Information provided -

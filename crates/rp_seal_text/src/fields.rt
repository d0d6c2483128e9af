//! The fields of a text, read and written: lines with a name and a number, and texts of any bytes under a name.
ghost use Rattle.std.specs.Prelude.{◌≡◌, ◌<◌, ◌^◌, ◌++◌, ℕ, List, Option, length, option_map, IfSome, IsSomeAnd, IsUtf8, OnOk};
ghost use Rattle.rp_seal_text.specs.Lines.{IsLine};
ghost use Rattle.rp_seal_text.specs.Fields.{IsOptionName, number_line, option_field, text_field};

use crate::lines::next_line;
use crate::read::{read_size, read_text};
use itoa::Buffer;
use std::alloc::AllocError;

/// Returns what follows `prefix` in `text`, or `None` if `text` does not begin with `prefix`.
pub(crate) fn take_prefix<'a>(prefix: &[u8], text: &'a [u8]) -> Option<&'a [u8]>
    ensures found { IfSome result (λ rest. text.now ≡ prefix.now ++ rest.now) }
    ensures each { (rest : List ℕ) → text.now ≡ prefix.now ++ rest → IsSomeAnd result (λ r. r.now ≡ rest) }
{
    text.strip_prefix(prefix)
}

/// Returns the number of the line `name` with which `text` begins, and what follows the line.
pub(crate) fn take_number<'a>(name: &[u8], text: &'a [u8]) -> Option<(u64, &'a [u8])>
    requires { IsLine name.now }
    ensures found { IfSome result (λ p. text.now ≡ number_line name.now p.0 ++ p.1.now) }
    ensures each { (number : ℕ) (rest : List ℕ) → number < 2 ^ 64 → text.now ≡ number_line name.now number ++ rest
        → IsSomeAnd result (λ p. (p.0 ≡ number) × (p.1.now ≡ rest)) }
    ensures fits { IfSome result (λ p. p.0 < 2 ^ 64) }
{
    let (line, rest) = next_line(text)?;
    let spaced = take_prefix(name, line)?;
    let digits = take_prefix(b" ", spaced)?;
    let number = read_size(digits)?;
    Some((number, rest))
}

/// Returns the number of the line `name` with which `text` begins, if the number is below 2^32, and what follows the
/// line.
pub(crate) fn take_u32<'a>(name: &[u8], text: &'a [u8]) -> Option<(u32, &'a [u8])>
    requires { IsLine name.now }
    ensures found { IfSome result (λ p. text.now ≡ number_line name.now p.0 ++ p.1.now) }
    ensures each { (number : ℕ) (rest : List ℕ) → number < 2 ^ 32 → text.now ≡ number_line name.now number ++ rest
        → IsSomeAnd result (λ p. (p.0 ≡ number) × (p.1.now ≡ rest)) }
    ensures fits { IfSome result (λ p. p.0 < 2 ^ 32) }
{
    let (number, rest) = take_number(name, text)?;
    if number > u32::MAX as u64 {
        return None;
    }
    Some((number as u32, rest))
}

/// Returns the text of any bytes with which `text` begins under the name `name`, and what follows it.
pub(crate) fn take_text<'a>(name: &[u8], text: &'a [u8]) -> Option<(&'a [u8], &'a [u8])>
    requires { IsLine name.now }
    ensures found { IfSome result (λ p. text.now ≡ text_field name.now p.0.now ++ p.1.now) }
    ensures each { (field rest : List ℕ) → length field < 2 ^ 64 → text.now ≡ text_field name.now field ++ rest
        → IsSomeAnd result (λ p. (p.0.now ≡ field) × (p.1.now ≡ rest)) }
    ensures room { IfSome result (λ p. length p.0.now < 2 ^ 64) }
{
    let (size, rest) = take_number(name, text)?;
    let (field, ended) = rest.split_at_checked(size as usize)?;
    let rest = take_prefix(b"\n", ended)?;
    Some((field, rest))
}

/// Returns the text in UTF-8 with which `text` begins under the name `name`, and what follows it.
pub(crate) fn take_str<'a>(name: &[u8], text: &'a [u8]) -> Option<(&'a str, &'a [u8])>
    requires { IsLine name.now }
    ensures found { IfSome result (λ p. text.now ≡ text_field name.now p.0.now ++ p.1.now) }
    ensures each { (field rest : List ℕ) → length field < 2 ^ 64 → IsUtf8 field → text.now ≡ text_field name.now field ++ rest
        → IsSomeAnd result (λ p. (p.0.now ≡ field) × (p.1.now ≡ rest)) }
    ensures room { IfSome result (λ p. length p.0.now < 2 ^ 64) }
    ensures utf8 { IfSome result (λ p. IsUtf8 p.0.now) }
{
    let (bytes, rest) = take_text(name, text)?;
    let field = read_text(bytes)?;
    Some((field, rest))
}

/// Returns what follows the line `no NAME` with which `text` begins, where NAME is `name`.
pub(crate) fn take_absence<'a>(name: &[u8], text: &'a [u8]) -> Option<&'a [u8]>
    ensures found { IfSome result (λ rest. text.now ≡ option_field name.now None ++ rest.now) }
    ensures each { (rest : List ℕ) → text.now ≡ option_field name.now None ++ rest → IsSomeAnd result (λ r. r.now ≡ rest) }
{
    let named = take_prefix(b"no ", text)?;
    let ended = take_prefix(name, named)?;
    take_prefix(b"\n", ended)
}

/// Returns the text in UTF-8 with which `text` begins under the name `name`, or `None` in its place if `text` begins
/// with the line `no NAME`; and what follows.
pub(crate) fn take_option<'a>(name: &[u8], text: &'a [u8]) -> Option<(Option<&'a str>, &'a [u8])>
    requires line { IsLine name.now }
    requires apart { IsOptionName name.now }
    ensures found { IfSome result (λ p. text.now ≡ option_field name.now (option_map (λ t. t.now) p.0) ++ p.1.now) }
    ensures each { (field : Option (List ℕ)) (rest : List ℕ) → IfSome field (λ t. length t < 2 ^ 64) → IfSome field IsUtf8
        → text.now ≡ option_field name.now field ++ rest
        → IsSomeAnd result (λ p. (option_map (λ t. t.now) p.0 ≡ field) × (p.1.now ≡ rest)) }
    ensures room { IfSome result (λ p. IfSome (option_map (λ t. t.now) p.0) (λ t. length t < 2 ^ 64)) }
    ensures utf8 { IfSome result (λ p. IfSome (option_map (λ t. t.now) p.0) IsUtf8) }
{
    if let Some(rest) = take_absence(name, text) {
        return Some((None, rest));
    }
    let (field, rest) = take_str(name, text)?;
    Some((Some(field), rest))
}

/// Appends a line with `name` and `number`.
///
/// # Errors
///
/// `AllocError` if there is no memory for the line.
pub(crate) fn write_number(text: &mut Vec<u8>, name: &[u8], number: u64) -> Result<(), AllocError>
    ensures text { OnOk result (text.new.items ≡ text.old.items ++ number_line name.now number) }
    ensures fits { number < 2 ^ 64 }
{
    let mut buffer = Buffer::new();
    text.extend_from_slice(name)?;
    text.push(b' ')?;
    text.extend_from_slice(buffer.format(number).as_bytes())?;
    text.push(b'\n')?;
    Ok(())
}

/// Appends the text `field` under the name `name`.
///
/// # Errors
///
/// `AllocError` if there is no memory for the text.
pub(crate) fn write_text(text: &mut Vec<u8>, name: &[u8], field: &[u8]) -> Result<(), AllocError>
    ensures { OnOk result (text.new.items ≡ text.old.items ++ text_field name.now field.now) }
{
    write_number(text, name, field.len() as u64)?;
    text.extend_from_slice(field)?;
    text.push(b'\n')?;
    Ok(())
}

/// Appends the text `field` under the name `name`, or the line `no NAME` if there is no text.
///
/// # Errors
///
/// `AllocError` if there is no memory for the text.
pub(crate) fn write_option(
    text: &mut Vec<u8>,
    name: &[u8],
    field: Option<&str>,
) -> Result<(), AllocError>
    ensures text { OnOk result (text.new.items ≡ text.old.items ++ option_field name.now (option_map (λ t. t.now) field.entry)) }
    ensures room { IfSome (option_map (λ t. t.now) field.entry) (λ t. length t < 2 ^ 64) }
    ensures utf8 { IfSome (option_map (λ t. t.now) field.entry) IsUtf8 }
{
    match field {
        None => {
            text.extend_from_slice(b"no ")?;
            text.extend_from_slice(name)?;
            text.push(b'\n')?;
            Ok(())
        }
        Some(field) => write_text(text, name, field.as_bytes()),
    }
}
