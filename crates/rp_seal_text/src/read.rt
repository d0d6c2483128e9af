//! Checkpoints, read.
ghost use Rattle.std.specs.Prelude.{◌≡◌, ◌<◌, ◌^◌, ℕ, List, Some, length, IfOk, IfSome, IsSomeAnd, MatchOption, IsTrue, IsUtf8, decimal};
ghost use Rattle.base64.specs.Engines.{standard};
ghost use Rattle.base64.specs.GeneralPurpose.{IsBytes, encode_of};
ghost use Rattle.rp_seal_text.specs.Checkpoint.{BeginsWith, Fields, fields_of};

use crate::checkpoint::Checkpoint;
use crate::lines::{Lines, first_lines};
use base64::DecodeAllocError;
use base64::engine::general_purpose::STANDARD;
use itoa::Buffer;
use rp_seal::NodeHash;
use std::alloc::{AllocError, Global};
use std::str;

/// Returns `line` as text, if it is UTF-8.
pub(crate) fn read_text(line: &[u8]) -> Option<&str>
    ensures { MatchOption result (¬ IsUtf8 line.now) (λ text. (text.now ≡ line.now) × IsUtf8 line.now) }
{
    str::from_utf8(line).ok()
}

/// Returns the number that `digits` spells in decimal, without leading zeros.
fn read_number(digits: &str) -> Option<u64>
    ensures found { IfSome result (λ number. digits.now ≡ decimal number) }
    ensures each { (number : ℕ) → number < 2 ^ 64 → digits.now ≡ decimal number → result ≡ Some number }
{
    let Ok(number) = digits.parse::<u64>() else {
        return None;
    };
    // `parse` takes a plus and leading zeros too.
    let mut buffer = Buffer::new();
    if buffer.format(number) == digits {
        Some(number)
    } else {
        None
    }
}

/// Returns the number that `line` spells in decimal, without leading zeros.
pub(crate) fn read_size(line: &[u8]) -> Option<u64>
    ensures found { IfSome result (λ size. line.now ≡ decimal size) }
    ensures each { (size : ℕ) → size < 2 ^ 64 → line.now ≡ decimal size → result ≡ Some size }
{
    read_number(read_text(line)?)
}

/// Returns the hash that `line` spells in base64.
pub(crate) fn read_root(alloc: Global, line: &[u8]) -> Result<Option<NodeHash>, AllocError>
    ensures found { IfOk result (λ found. IfSome found (λ root. line.now ≡ encode_of standard root.bytes)) }
    ensures each { (root : List ℕ) → length root ≡ 32 → IsBytes root → line.now ≡ encode_of standard root
        → IfOk result (λ found. IsSomeAnd found (λ h. h.bytes ≡ root)) }
{
    match STANDARD.decode(alloc, line) {
        Ok(bytes) => match <[u8; 32]>::try_from(bytes.as_slice()) {
            Ok(bytes) => Ok(Some(NodeHash { bytes })),
            Err(_) => Ok(None),
        },
        Err(DecodeAllocError::OutOfMemory) => Err(AllocError),
        Err(DecodeAllocError::DecodeError(_)) => Ok(None),
    }
}

/// Returns the checkpoint with whose lines `text` begins, or `None` if `text` begins with no checkpoint. What follows
/// the third line is not read: extension lines, an empty line, signatures.
///
/// # Errors
///
/// `AllocError` if there is no memory for the checkpoint.
pub fn read_checkpoint(alloc: Global, text: &[u8]) -> Result<Option<Checkpoint>, AllocError>
    ensures found { IfOk result (λ found. IfSome found (λ c. BeginsWith text.now (fields_of c))) }
    ensures each { (f : Fields) → BeginsWith text.now f → IfOk result (λ found. IsSomeAnd found (λ c. fields_of c ≡ f)) }
{
    let Some(Lines { origin, size, root }) = first_lines(text) else {
        return Ok(None);
    };
    let Some(origin) = read_text(origin) else {
        return Ok(None);
    };
    let Some(size) = read_size(size) else {
        return Ok(None);
    };
    let Some(root) = read_root(alloc, root)? else {
        return Ok(None);
    };
    let origin = String::from_str(alloc, origin)?;
    Ok(Checkpoint::new(origin, size, root))
}
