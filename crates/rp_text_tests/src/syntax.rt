use rp_command::{Line, Version};
use rp_spelling::write_command;
use rp_syntax::read_line;
use std::alloc::Global;
use std::process::Abort;

/// Reads a line of a version that is a command, writes the command in another version, and compares its spelling.
fn expect_written(
    rt: &impl Abort,
    alloc: Global,
    from: Version,
    into: Version,
    line: &[u8],
    want: &[u8],
) {
    match read_line(alloc, from, line).expect(rt, "no memory") {
        Line::Cmd(command) => {
            let mut out = Vec::new(alloc);
            write_command(into, &command, &mut out).expect(rt, "no memory");
            assert_eq!(rt; out.as_slice(), want);
        }
        _ => panic!(rt; "no command: {line:?}"),
    }
}

/// Reads a line of version 1 that is a command, writes the command, and compares its spelling.
fn expect_spelling(rt: &impl Abort, alloc: Global, line: &[u8]) {
    expect_written(rt, alloc, Version::One, Version::One, line, line);
}

#[test]
fn every_command_is_read_and_written(rt: HostRuntime) {
    for line in [
        b"let a = half 1 0 0 -2".as_slice(),
        b"let let = name let",
        b"member box 0 0 0 10 10 10 5 5 5 1",
        b"empty all",
        b"pieces lot tower.2",
        b"show not name a_b-c",
        b"equal name a lot a",
        b"within and all none or none all",
        b"overlap minus name a name b minus name b name a",
        b"contact half 0 0 0 -1 half 0 0 0 1",
        b"rcc box -16777216 -16777216 -16777216 16777216 16777216 16777216 all",
        b"register p box 0 0 0 1 1 1",
        b"cut p half 1 1 0 -10 east west",
        b"subdivide p 2 a box 0 0 0 5 10 10 b not all",
        b"consolidate q 3 east west north",
        b"retire p",
        b"neighbours p",
        b"history p",
        b"at 5 5 5 1",
        b"asof 0 5 5 5 2",
        b"audit",
        b"list",
        b"layer rights",
        b"show prism 0 10 3 0 0 10 0 10 10",
        b"section box 0 0 0 10 10 10 5",
        b"access a b",
    ] {
        expect_spelling(&rt, rt.alloc(), line);
    }
}

#[test]
fn expressions_nest_up_to_the_limit_of_nodes(rt: HostRuntime) {
    let alloc = rt.alloc();
    let mut line = Vec::from_slice(alloc, b"empty ").expect(&rt, "no memory");
    for _ in 0..1023u32 {
        line.extend_from_slice(b"not ").expect(&rt, "no memory");
    }
    line.extend_from_slice(b"all").expect(&rt, "no memory");
    expect_spelling(&rt, alloc, line.as_slice());
}

#[test]
fn a_command_of_version_1_is_spelled_in_version_2(rt: HostRuntime) {
    for (line, want) in [
        (
            b"member box 0 0 0 10 10 10 5 3 5 9".as_slice(),
            b"member box 0.000 0.000 0.000 0.010 0.010 0.010 0.005 0.003 0.005 9".as_slice(),
        ),
        (b"at -2 4 6 2", b"at -0.001 0.002 0.003 1"),
        (
            b"section half 2 0 0 -4 -12345",
            b"section half 1 0 0 -2 -12.345",
        ),
        (
            b"show prism 0 10 3 0 0 1000 0 7 -8",
            b"show prism 0.000 0.010 3 0.000 0.000 1.000 0.000 0.007 -0.008",
        ),
    ] {
        expect_written(&rt, rt.alloc(), Version::One, Version::Two, line, want);
        expect_written(&rt, rt.alloc(), Version::Two, Version::Two, want, want);
    }
}
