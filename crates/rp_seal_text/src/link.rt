//! A link between two lists of acts, as a file.

use rp_seal::NodeHash;

/// A link: the proof that a list of acts begins with an older one.
#[derive(Drop)]
pub struct Link {
    /// The number of entries of the older list.
    pub from: u64,
    /// The number of entries of the newer list.
    pub to: u64,
    /// The hashes of the proof of consistency.
    pub proof: Vec<NodeHash>,
}
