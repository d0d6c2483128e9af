#![tactic(auto)]
//! The texts of a log, written and read: checkpoints (C2SP tlog-checkpoint), acts, act proofs and links. Other tools
//! sign them. docs/seal.md has the formats.

mod act_proof;
mod act_stream;
mod acts;
mod checkpoint;
mod fields;
mod hashes;
mod lines;
mod link;
mod proof_files;
mod read;
mod write;

pub use act_proof::ActProof;
pub use act_stream::read_acts;
pub use acts::{ACTS_MARK, read_act, read_end, write_act, write_end};
pub use checkpoint::Checkpoint;
pub use link::Link;
pub use proof_files::{act_proof_text, link_text, read_act_proof, read_link};
pub use read::read_checkpoint;
pub use write::checkpoint_text;
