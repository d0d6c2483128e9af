use rp_answer::{Answer, Refusal, Verdict, Verdicts};
use rp_cert::{Proof, Proofs};
use rp_command::Why;
use rp_io::MemorySink;
use rp_lists::Name;
use rp_scripts::put_answer;
use rp_space::{Half, Halves};
use rp_text::{read_echo, read_proof, read_slice, write_answer, write_verdict};
use std::alloc::Global;
use std::process::Abort;

/// Writes an answer in full, and puts it line by line, and compares both texts.
fn expect_answer(rt: &impl Abort, alloc: Global, answer: &Answer, want: &[u8]) {
    let mut out = Vec::new(alloc);
    write_answer(answer, false, &mut out).expect(rt, "no memory");
    assert_eq!(rt; out.as_slice(), want);
    let mut sink = MemorySink::new(alloc, want.len(), &[]).expect(rt, "no memory");
    put_answer(answer, false, &mut out, &mut sink).expect(rt, "no put");
    assert_eq!(rt; sink.bytes(), want);
}

/// Writes a verdict, and compares its text.
fn expect_text(rt: &impl Abort, alloc: Global, verdict: &Verdict, want: &[u8]) {
    let mut out = Vec::new(alloc);
    write_verdict(verdict, &mut out).expect(rt, "no memory");
    assert_eq!(rt; out.as_slice(), want);
}

#[test]
fn each_verdict_has_its_line(rt: HostRuntime) {
    let name = Name::new(b"west").expect(&rt, "no name");
    for (verdict, want) in [
        (Verdict::Yes, b"= yes".as_slice()),
        (Verdict::No, b"= no"),
        (Verdict::Ok, b"= ok"),
        (Verdict::DC, b"= DC"),
        (Verdict::EC, b"= EC"),
        (Verdict::PO, b"= PO"),
        (Verdict::EQ, b"= EQ"),
        (Verdict::TPP, b"= TPP"),
        (Verdict::NTPP, b"= NTPP"),
        (Verdict::TPPi, b"= TPPi"),
        (Verdict::NTPPi, b"= NTPPi"),
        (Verdict::Pieces(0), b"= pieces 0"),
        (Verdict::Parts(1024), b"= parts 1024"),
        (Verdict::Parcel(name), b"= parcel west"),
        (Verdict::Nobody, b"= nobody"),
        (Verdict::Neighbours(2), b"= neighbours 2"),
        (Verdict::Clear(800), b"= clear 800"),
        (Verdict::Parcels(0), b"= parcels 0"),
        (Verdict::Lots(3), b"= lots 3"),
        (Verdict::Sections(1), b"= sections 1"),
        (Verdict::Access(2), b"= access 2"),
        (Verdict::NoAccess, b"= noaccess"),
        (Verdict::Level(3, name), b"= level 3 west"),
    ] {
        expect_text(&rt, rt.alloc(), &verdict, want);
    }
}

#[test]
fn each_refusal_has_its_words(rt: HostRuntime) {
    let name = Name::new(b"west").expect(&rt, "no name");
    for (refusal, want) in [
        (Refusal::Bad(Why::Syntax), b"= refused syntax".as_slice()),
        (Refusal::Bad(Why::Range), b"= refused range"),
        (Refusal::Bad(Why::Zero), b"= refused zero"),
        (Refusal::Bad(Why::Nodes), b"= refused nodes"),
        (Refusal::Bad(Why::Long), b"= refused long"),
        (Refusal::Unknown(name), b"= refused unknown west"),
        (Refusal::Known(name), b"= refused known west"),
        (Refusal::Repeated(name), b"= refused repeated west"),
        (Refusal::Layers(name), b"= refused layers west"),
        (Refusal::Same, b"= refused same"),
        (Refusal::Few, b"= refused few"),
        (Refusal::Limit, b"= refused limit"),
        (Refusal::EmptyRegion(1), b"= refused emptyregion 1"),
        (Refusal::Empty, b"= refused empty"),
        (Refusal::Overlaps(name), b"= refused overlaps west"),
        (Refusal::EmptySide(2), b"= refused emptyside 2"),
        (Refusal::EmptyChild(1024), b"= refused emptychild 1024"),
        (Refusal::Outside(3), b"= refused outside 3"),
        (
            Refusal::ChildrenOverlap(1, 12),
            b"= refused childrenoverlap 1 12",
        ),
        (Refusal::Gap, b"= refused gap"),
    ] {
        expect_text(&rt, rt.alloc(), &Verdict::Refused(refusal), want);
    }
}

#[test]
fn parts_stand_below_their_number(rt: HostRuntime) {
    let alloc = rt.alloc();
    let near = Half::new(-1, 0, 0, 10).expect(&rt, "no half-space");
    let right = Half::new(0, 1, 0, 0).expect(&rt, "no half-space");
    let part = Halves::copy_of(alloc, &[near, right]).expect(&rt, "no memory");
    let mut verdicts = Verdicts::new(alloc);
    verdicts.push(Verdict::Parts(1)).expect(&rt, "no memory");
    verdicts.push(Verdict::Part(part)).expect(&rt, "no memory");
    let answer = Answer::with_verdicts(alloc, 7, b"show q", Proofs::new(alloc), verdicts);
    let want = b"> 7 show q\n= parts 1\n= part (-1 0 0 10) (0 1 0 0)\n";
    expect_answer(&rt, alloc, &answer.expect(&rt, "no memory"), want);
}

#[test]
fn past_a_limit_nothing_but_the_refusal_is_told(rt: HostRuntime) {
    let answer = Answer::past_limit(rt.alloc(), 7, b"show q").expect(&rt, "no memory");
    let want = b"> 7 show q\n= refused limit\n";
    expect_answer(&rt, rt.alloc(), &answer, want);
    expect_answer(&rt, rt.alloc(), &Answer::blank(rt.alloc(), 3), b"");
}

#[test]
fn without_echo_the_number_stands_alone(rt: HostRuntime) {
    let verdict = Verdict::Refused(Refusal::Bad(Why::Long));
    let proofs = Proofs::new(rt.alloc());
    let answer = Answer::with_verdict(rt.alloc(), 4294967295, b"", proofs, verdict);
    let want = b"> 4294967295\n= refused long\n";
    expect_answer(&rt, rt.alloc(), &answer.expect(&rt, "no memory"), want);
}

/// Writes an answer with the proof line, and compares its text.
fn expect_proof(rt: &impl Abort, alloc: Global, proof: Proof, want: &[u8]) {
    let mut proofs = Proofs::new(alloc);
    proofs.push(proof).expect(rt, "no memory");
    let answer = Answer::with_verdict(alloc, 7, b"q", proofs, Verdict::No).expect(rt, "no memory");
    expect_answer(rt, alloc, &answer, want);
}

/// Reads a proof line, writes it in an answer, and compares the text.
fn expect_read(rt: &impl Abort, alloc: Global, line: &[u8]) {
    let proof = read_proof(line).expect(rt, "no proof line");
    let mut want = Vec::from_slice(alloc, b"> 7 q\n").expect(rt, "no memory");
    want.extend_from_slice(line).expect(rt, "no memory");
    want.extend_from_slice(b"\n= no\n").expect(rt, "no memory");
    expect_proof(rt, alloc, proof, want.as_slice());
}

#[test]
fn proof_lines_are_read_back(rt: HostRuntime) {
    for line in [
        b"  in (0 0 0 1) (0 0 10 1) (-1 2 -3 4) (5 0 0 1)".as_slice(),
        b"  out 1*(1 0 0 0) 1*(-1 0 0 0)",
        b"  out 37778931862957161709567*(0 0 0 -1)",
        b"  at (-2535301200456458802993406410751 1 0 37778931862957161709567)",
        b"  apart 2*(-1 0 0 10) 3*(1 0 0 -11) 4*(0 1 0 0) 5*(0 0 1 0)",
        b"  drop (16777213 0 0 -844424930131968) 1*(1 0 0 0)",
        b"  box -16777216 0 0 16777216 10 10",
    ] {
        expect_read(&rt, rt.alloc(), line);
    }
}

#[test]
fn echoes_give_number_and_place(rt: HostRuntime) {
    assert_eq!(rt; read_echo(b"> 7 a b"), Some((7, Some(4))));
}

/// Reads a line of a slice, writes it as a verdict, and compares the text.
fn expect_slice(rt: &impl Abort, alloc: Global, line: &[u8]) {
    let slice = read_slice(line).expect(rt, "no slice");
    let verdict = Verdict::Slice(Box::new(alloc, slice).expect(rt, "no memory"));
    expect_text(rt, alloc, &verdict, line);
}

#[test]
fn lines_of_slices_are_read_back(rt: HostRuntime) {
    for line in [
        b"= ring (1 0 0) (0 0 5 1) (0 1 0) (10 0 5 1) (-1 0 10) (10 10 5 1) (0 -1 10) (0 10 5 1)".as_slice(),
        b"= ring (16777216 0 1125899906842624) (0 0 1 1) (0 1 0) (1 0 1 1) (1 1 1) (1 1 1 1)",
        b"= flat 1*(1 0 0 0) 37778931862957161709567*(-1 0 0 0) 2*(0 1 0 0)",
    ] {
        expect_slice(&rt, rt.alloc(), line);
    }
}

Directions for this task - The answer should contain only the lines from the first line of the entries through the line holding "prefix.now ++ rest.now)", each exactly as written.

Solution for this exercise -
filename crates/rp_seal_text/src/fields.rt
repository d0d6c2483128e9af
//! The fields of a text, read and written: lines with a name and a number, and texts of any bytes under a name.
ghost use Rattle.std.specs.Prelude.{◌≡◌, ◌<◌, ◌^◌, ◌++◌, ℕ, List, Option, length, option_map, IfSome, IsSomeAnd, IsUtf8, OnOk};
ghost use Rattle.rp_seal_text.specs.Lines.{IsLine};
ghost use Rattle.rp_seal_text.specs.Fields.{IsOptionName, number_line, option_field, text_field};

use crate::lines::next_line;
use crate::read::{read_size, read_text};
use itoa::Buffer;
use std::alloc::AllocError;

/// Returns what follows `prefix` in `text`, or `None` if `text` does not begin with `prefix`.
pub(crate) fn take_prefix<'a>(prefix: &[u8], text: &'a [u8]) -> Option<&'a [u8]>
    ensures found { IfSome result (λ rest. text.now ≡ prefix.now ++ rest.now) }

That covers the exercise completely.